[Work request] Scan the data below for the string "filename". Copy every line where it appears.

★ ★ ★ ★

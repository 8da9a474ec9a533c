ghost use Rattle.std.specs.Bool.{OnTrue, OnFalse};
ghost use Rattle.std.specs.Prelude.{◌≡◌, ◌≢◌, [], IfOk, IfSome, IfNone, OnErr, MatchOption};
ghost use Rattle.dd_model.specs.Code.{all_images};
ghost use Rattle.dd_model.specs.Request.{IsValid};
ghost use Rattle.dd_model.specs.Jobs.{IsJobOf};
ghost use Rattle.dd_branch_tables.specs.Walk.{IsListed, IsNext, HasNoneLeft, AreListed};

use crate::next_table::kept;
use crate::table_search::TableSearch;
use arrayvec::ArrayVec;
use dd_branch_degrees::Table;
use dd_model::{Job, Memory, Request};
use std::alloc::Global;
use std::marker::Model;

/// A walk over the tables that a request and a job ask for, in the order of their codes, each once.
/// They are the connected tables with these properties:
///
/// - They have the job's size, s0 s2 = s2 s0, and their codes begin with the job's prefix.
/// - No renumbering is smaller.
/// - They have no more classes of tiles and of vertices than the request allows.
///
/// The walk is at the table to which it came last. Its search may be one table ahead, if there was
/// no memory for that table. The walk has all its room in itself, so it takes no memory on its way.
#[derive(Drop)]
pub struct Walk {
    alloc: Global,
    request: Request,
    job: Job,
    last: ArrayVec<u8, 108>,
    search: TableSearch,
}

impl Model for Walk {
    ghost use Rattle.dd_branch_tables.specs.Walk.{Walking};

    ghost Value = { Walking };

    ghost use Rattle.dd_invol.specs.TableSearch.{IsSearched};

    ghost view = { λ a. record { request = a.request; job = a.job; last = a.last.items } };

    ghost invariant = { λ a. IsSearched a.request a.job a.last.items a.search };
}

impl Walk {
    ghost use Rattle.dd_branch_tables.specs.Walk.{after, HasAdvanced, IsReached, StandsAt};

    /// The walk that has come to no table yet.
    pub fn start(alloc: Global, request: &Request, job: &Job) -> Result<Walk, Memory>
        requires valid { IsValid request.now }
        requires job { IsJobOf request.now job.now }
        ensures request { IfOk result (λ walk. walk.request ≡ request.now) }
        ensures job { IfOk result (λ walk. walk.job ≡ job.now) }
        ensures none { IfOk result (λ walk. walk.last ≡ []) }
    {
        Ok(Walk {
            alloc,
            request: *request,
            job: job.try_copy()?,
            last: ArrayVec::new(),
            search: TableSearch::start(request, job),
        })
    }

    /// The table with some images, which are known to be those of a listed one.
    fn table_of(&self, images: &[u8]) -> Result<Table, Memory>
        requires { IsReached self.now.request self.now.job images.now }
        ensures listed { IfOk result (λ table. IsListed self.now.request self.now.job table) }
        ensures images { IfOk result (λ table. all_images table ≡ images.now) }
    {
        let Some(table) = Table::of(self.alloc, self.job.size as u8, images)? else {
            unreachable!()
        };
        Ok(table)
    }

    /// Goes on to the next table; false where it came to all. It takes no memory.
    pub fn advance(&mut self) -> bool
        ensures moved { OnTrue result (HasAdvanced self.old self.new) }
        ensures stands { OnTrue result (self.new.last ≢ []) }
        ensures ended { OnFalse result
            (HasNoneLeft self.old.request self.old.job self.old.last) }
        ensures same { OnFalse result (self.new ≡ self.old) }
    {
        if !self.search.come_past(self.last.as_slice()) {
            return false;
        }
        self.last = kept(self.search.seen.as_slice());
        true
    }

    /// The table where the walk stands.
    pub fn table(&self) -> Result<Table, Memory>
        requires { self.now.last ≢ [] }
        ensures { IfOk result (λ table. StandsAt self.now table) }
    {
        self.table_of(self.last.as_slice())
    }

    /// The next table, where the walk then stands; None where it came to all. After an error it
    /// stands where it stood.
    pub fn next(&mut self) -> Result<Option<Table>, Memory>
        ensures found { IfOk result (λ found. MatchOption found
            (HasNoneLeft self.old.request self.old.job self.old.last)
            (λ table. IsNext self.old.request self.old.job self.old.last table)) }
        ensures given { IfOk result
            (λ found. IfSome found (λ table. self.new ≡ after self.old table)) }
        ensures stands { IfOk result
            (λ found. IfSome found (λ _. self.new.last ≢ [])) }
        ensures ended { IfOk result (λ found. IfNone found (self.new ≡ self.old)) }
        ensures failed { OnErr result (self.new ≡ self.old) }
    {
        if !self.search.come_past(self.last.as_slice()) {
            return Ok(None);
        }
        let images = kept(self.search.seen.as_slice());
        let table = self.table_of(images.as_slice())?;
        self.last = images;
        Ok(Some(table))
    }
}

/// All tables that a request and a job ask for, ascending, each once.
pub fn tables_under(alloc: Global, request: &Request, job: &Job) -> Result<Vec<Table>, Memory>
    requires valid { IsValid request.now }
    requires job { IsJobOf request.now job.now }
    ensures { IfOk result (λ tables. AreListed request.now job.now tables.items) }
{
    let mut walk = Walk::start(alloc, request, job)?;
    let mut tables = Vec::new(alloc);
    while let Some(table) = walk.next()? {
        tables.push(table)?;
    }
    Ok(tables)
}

★ ★ ★ ★

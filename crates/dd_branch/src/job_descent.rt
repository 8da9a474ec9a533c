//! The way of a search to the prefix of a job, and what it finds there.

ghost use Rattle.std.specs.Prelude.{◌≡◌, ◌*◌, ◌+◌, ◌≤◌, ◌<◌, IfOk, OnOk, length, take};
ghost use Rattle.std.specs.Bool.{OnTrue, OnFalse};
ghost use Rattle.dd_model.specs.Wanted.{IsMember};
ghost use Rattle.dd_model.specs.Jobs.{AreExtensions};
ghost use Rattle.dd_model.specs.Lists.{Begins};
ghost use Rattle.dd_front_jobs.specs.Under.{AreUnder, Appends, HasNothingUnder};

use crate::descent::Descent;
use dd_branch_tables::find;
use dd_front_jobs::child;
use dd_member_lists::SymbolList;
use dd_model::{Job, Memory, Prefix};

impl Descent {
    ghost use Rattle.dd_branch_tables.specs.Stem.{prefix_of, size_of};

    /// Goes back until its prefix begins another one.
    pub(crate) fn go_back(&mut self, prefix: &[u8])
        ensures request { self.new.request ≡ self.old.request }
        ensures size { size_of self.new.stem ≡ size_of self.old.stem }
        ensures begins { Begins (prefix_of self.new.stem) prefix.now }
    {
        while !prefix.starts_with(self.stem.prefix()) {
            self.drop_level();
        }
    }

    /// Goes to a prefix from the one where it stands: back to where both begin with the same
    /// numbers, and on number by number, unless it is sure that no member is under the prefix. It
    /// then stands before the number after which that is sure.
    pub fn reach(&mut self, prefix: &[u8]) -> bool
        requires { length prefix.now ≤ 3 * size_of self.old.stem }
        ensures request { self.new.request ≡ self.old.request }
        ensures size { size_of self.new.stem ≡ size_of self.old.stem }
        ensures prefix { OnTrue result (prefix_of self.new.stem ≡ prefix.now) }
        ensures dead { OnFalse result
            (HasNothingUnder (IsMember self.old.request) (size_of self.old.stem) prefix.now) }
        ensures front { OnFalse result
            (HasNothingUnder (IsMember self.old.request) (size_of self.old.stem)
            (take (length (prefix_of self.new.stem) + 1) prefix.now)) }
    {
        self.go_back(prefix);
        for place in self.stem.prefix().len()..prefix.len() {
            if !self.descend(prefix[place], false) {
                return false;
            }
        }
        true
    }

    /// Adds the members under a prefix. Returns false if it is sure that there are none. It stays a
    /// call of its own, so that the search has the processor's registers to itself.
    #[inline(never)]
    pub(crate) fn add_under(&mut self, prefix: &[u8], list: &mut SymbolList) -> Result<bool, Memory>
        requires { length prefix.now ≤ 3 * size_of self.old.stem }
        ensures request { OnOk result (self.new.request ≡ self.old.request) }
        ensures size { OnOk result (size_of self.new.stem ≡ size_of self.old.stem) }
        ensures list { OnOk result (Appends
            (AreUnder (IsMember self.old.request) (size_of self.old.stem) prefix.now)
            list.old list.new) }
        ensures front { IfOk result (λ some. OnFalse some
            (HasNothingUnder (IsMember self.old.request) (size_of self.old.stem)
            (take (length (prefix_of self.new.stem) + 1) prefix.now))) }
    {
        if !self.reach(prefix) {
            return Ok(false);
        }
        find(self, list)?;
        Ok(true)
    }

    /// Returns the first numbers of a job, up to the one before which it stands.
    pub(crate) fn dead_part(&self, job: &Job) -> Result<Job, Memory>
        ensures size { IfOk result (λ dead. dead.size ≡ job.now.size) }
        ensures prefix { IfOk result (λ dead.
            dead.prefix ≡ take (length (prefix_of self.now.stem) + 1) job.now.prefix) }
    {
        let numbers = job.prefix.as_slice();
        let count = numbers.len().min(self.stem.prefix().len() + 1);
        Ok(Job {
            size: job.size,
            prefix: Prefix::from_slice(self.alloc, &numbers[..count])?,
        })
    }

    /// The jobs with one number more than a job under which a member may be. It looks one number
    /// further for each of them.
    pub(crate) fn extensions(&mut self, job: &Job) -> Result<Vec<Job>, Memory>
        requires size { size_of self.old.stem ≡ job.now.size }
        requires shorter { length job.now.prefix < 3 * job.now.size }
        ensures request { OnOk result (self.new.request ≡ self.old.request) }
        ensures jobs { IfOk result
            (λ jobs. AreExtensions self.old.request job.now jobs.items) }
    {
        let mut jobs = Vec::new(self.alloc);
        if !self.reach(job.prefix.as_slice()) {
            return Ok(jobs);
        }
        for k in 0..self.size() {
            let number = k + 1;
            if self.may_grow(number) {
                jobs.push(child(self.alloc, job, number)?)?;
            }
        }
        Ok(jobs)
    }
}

★ ★ ★ ★

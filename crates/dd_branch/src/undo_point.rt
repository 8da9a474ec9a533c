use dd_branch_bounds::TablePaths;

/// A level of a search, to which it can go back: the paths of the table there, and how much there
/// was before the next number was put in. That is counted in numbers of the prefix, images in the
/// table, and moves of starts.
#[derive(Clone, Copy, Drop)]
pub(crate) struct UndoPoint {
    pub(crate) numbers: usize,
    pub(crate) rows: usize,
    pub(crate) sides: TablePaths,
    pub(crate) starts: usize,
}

★ ★ ★ ★

[Solved problem]
filename crates/dd_branch/src/job_descent.rt
filename crates/dd_branch/src/undo_point.rt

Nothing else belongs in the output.